[Records excerpted from a collection]
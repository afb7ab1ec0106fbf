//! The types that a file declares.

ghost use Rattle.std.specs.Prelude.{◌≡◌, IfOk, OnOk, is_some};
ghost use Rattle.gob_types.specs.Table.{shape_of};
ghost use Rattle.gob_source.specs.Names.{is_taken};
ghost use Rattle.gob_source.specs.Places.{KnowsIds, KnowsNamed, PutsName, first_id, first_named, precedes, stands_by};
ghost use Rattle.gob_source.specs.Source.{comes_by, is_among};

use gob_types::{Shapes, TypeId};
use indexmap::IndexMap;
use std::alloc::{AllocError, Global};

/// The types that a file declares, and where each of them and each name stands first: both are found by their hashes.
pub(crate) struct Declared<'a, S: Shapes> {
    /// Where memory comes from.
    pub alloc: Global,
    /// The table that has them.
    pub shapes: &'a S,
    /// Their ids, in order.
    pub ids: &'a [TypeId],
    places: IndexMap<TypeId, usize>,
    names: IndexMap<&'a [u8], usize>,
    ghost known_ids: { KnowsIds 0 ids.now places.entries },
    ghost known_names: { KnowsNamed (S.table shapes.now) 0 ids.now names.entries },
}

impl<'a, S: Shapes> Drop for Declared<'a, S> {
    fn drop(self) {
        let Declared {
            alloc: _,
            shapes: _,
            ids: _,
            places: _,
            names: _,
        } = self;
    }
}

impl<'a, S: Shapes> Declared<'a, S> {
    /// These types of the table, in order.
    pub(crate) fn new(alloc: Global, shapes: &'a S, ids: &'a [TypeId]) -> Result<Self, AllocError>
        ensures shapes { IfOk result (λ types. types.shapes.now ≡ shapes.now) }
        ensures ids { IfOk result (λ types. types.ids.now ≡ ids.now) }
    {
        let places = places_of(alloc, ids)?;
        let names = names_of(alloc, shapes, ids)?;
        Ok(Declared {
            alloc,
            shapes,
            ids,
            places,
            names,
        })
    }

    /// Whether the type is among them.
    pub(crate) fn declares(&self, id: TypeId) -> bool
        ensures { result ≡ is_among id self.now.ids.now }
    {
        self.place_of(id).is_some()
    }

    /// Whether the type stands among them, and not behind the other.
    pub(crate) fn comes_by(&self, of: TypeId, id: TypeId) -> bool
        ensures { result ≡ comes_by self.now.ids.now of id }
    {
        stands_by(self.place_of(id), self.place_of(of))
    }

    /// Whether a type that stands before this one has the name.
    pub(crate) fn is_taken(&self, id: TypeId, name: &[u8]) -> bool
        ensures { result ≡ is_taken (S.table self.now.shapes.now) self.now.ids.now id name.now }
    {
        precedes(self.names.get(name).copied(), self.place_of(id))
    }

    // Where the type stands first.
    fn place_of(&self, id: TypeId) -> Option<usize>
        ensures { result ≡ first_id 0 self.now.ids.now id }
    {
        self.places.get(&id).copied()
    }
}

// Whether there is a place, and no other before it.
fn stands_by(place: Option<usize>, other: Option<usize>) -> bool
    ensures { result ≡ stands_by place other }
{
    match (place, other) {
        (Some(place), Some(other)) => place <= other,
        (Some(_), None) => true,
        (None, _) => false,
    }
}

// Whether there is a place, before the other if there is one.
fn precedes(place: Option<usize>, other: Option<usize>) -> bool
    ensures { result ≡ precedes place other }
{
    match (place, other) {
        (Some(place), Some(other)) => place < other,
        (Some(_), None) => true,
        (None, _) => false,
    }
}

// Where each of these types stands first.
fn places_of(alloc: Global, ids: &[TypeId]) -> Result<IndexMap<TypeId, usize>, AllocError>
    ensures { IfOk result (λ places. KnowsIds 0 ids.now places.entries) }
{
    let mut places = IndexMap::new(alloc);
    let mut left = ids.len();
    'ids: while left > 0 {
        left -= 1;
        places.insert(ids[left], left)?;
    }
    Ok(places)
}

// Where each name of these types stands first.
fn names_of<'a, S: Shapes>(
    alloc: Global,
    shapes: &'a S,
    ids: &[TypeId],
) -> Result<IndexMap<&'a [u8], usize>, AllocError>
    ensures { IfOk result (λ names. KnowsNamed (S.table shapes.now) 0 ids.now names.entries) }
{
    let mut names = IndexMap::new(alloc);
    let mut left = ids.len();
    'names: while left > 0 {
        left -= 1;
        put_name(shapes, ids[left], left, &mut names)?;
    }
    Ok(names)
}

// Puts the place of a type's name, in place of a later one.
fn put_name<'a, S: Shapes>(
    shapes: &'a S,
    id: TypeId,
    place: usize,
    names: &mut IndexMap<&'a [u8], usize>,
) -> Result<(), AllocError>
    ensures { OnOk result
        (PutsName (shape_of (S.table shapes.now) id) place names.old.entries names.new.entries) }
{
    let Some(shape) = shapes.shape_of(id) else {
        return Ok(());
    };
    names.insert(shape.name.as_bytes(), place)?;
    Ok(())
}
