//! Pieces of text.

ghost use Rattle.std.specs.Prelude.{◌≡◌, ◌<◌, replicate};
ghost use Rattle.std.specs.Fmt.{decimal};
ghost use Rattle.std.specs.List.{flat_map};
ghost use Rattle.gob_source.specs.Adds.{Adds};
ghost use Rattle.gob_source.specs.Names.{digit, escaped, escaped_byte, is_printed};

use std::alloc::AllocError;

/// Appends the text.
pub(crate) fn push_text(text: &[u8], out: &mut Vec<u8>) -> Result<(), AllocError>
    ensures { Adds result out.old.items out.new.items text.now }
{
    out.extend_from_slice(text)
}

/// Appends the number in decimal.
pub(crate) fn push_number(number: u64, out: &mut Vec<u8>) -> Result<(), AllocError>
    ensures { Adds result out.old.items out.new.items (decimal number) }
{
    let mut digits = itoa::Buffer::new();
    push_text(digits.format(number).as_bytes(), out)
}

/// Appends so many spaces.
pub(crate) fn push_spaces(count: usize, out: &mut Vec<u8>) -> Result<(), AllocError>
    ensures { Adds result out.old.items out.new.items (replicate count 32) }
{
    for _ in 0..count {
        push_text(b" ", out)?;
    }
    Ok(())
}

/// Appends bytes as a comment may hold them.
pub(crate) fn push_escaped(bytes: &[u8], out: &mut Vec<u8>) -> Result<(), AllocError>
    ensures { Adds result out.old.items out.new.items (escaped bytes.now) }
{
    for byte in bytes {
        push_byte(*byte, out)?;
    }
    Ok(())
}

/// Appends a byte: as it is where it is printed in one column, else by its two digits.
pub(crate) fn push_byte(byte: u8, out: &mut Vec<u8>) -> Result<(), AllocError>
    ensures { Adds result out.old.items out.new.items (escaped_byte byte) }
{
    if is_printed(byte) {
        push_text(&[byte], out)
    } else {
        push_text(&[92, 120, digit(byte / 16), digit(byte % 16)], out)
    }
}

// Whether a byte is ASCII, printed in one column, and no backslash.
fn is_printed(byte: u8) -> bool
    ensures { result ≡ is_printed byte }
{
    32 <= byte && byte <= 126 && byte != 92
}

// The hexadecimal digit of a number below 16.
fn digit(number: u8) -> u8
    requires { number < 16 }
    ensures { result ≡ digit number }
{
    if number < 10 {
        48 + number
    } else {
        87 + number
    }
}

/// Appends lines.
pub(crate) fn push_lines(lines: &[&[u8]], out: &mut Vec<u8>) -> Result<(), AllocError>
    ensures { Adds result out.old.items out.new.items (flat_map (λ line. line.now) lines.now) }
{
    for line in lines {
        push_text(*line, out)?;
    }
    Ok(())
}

[Goal of the exercise] Return only the number of lines in the data above that include the word "Whether".

[Solution to the problem] 6